### What you should do
Your answer is one number: the count of lines below that hold the word "program".
####################
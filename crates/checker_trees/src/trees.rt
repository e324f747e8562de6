// The check of one formula's tree: recursion on the places left.
ghost use Rattle.std.specs.Prelude.{◌≡◌, ℕ, ◌+◌, ◌<◌, [], ◌∷◌, ◌++◌, length, get_or, drop};
ghost use Rattle.page_meaning.specs.Limits.{most_decisions};
ghost use Rattle.page_walks.specs.Grid.{far};
ghost use Rattle.page_formulas.specs.Formulas as spec;
ghost use Rattle.grid.specs.Facts.{with_fact};
ghost use Rattle.facts.specs.Decisions.{fact_of};
ghost use Rattle.program.specs.Compiled.{Compiled, Fine};
ghost use Rattle.program.specs.Meanings.{place_of};
ghost use Rattle.checker_nodes.specs.Nodes.{outcome_of};
ghost use Rattle.checker_trees.specs.Checks.{check_from, Reached};

use checker_nodes::{cycle, false_leaf};
use facts::added;
use grid::{Edge, FAR, Grid};
use program::types::{Formula, Place};
use refusal::{Fault, Refusal};
use truth::decisions::Truths;

// Where the check of a tree stands: its position in the part that is lent, the decisions so far, and the fact of the last of them. It isn't
// in the grid yet: only a node 3 needs the grid with it.
#[derive(Clone, Copy)]
pub struct Stage {
    pub at: usize,
    pub truths: Truths,
    pub last: Edge,
}

impl Stage {
    // No place is decided yet, and the fact of none is a missing edge's.
    pub fn first(at: usize) -> Stage
        ensures { result ≡ record { at = at; truths = []; last = record { from = 0; to = 0; weight = far } } }
    {
        Stage {
            at,
            truths: Truths::new(),
            last: Edge {
                from: 0,
                to: 0,
                weight: FAR,
            },
        }
    }

    // The stage after one decision more.
    fn decide(&self, place: Place, truth: bool, at: usize) -> Stage
        requires { length self.now.truths < most_decisions }
        ensures { result ≡ record { at = at; truths = self.now.truths ++ truth ∷ []; last = fact_of (place_of place) truth } }
    {
        Stage {
            at,
            truths: self.truths.with(truth),
            last: added(place, truth),
        }
    }
}

// Node 3, which takes the first place left as true, then as false: the grid with the last fact serves both.
#[cycle(branch_tree)]
fn branch(f: &Formula, part: &[u8], g: &Grid, stage: &Stage) -> Result<usize, Refusal>
    requires reached { Fine f.now × Reached f.now g.now.rows stage.now }
    requires node { (length stage.now.truths < f.now.program.decisions) × (stage.now.at < length part.now) × (get_or part.now stage.now.at 0 ≡ 3) }
    ensures { (F : spec.Formula) (base : ℕ) → Compiled f.now F → outcome_of base part.now result ≡ check_from F stage.now.truths (with_fact g.now.rows stage.now.last) (base + stage.now.at) (drop stage.now.at part.now) }
{
    let place = f.program.places[stage.truths.count()];
    let facts = g.tighten(stage.last);
    let middle = tree(f, part, &facts, &stage.decide(place, true, stage.at + 1))?;
    tree(f, part, &facts, &stage.decide(place, false, middle))
}

// The tree at a stage.
#[cycle(branch_tree)]
pub fn tree(f: &Formula, part: &[u8], g: &Grid, stage: &Stage) -> Result<usize, Refusal>
    requires { Fine f.now × Reached f.now g.now.rows stage.now }
    ensures { (F : spec.Formula) (base : ℕ) → Compiled f.now F → outcome_of base part.now result ≡ check_from F stage.now.truths (with_fact g.now.rows stage.now.last) (base + stage.now.at) (drop stage.now.at part.now) }
{
    let at = stage.at;
    if part.len() <= at {
        return Err(Fault::SheetShort.at(at));
    }
    // Here a node's first byte, a number of the format, becomes a case.
    match part[at] {
        1 => false_leaf(f.program.instructions(), stage.truths.so_far(), at),
        2 => cycle(&f.vertices.ranges, g, stage.last, part, at),
        3 if stage.truths.count() < f.program.decisions => branch(f, part, g, stage),
        3 => Err(Fault::SheetFalse.at(at)),
        _ => Err(Fault::SheetCode.at(at)),
    }
}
####################
### Task output
7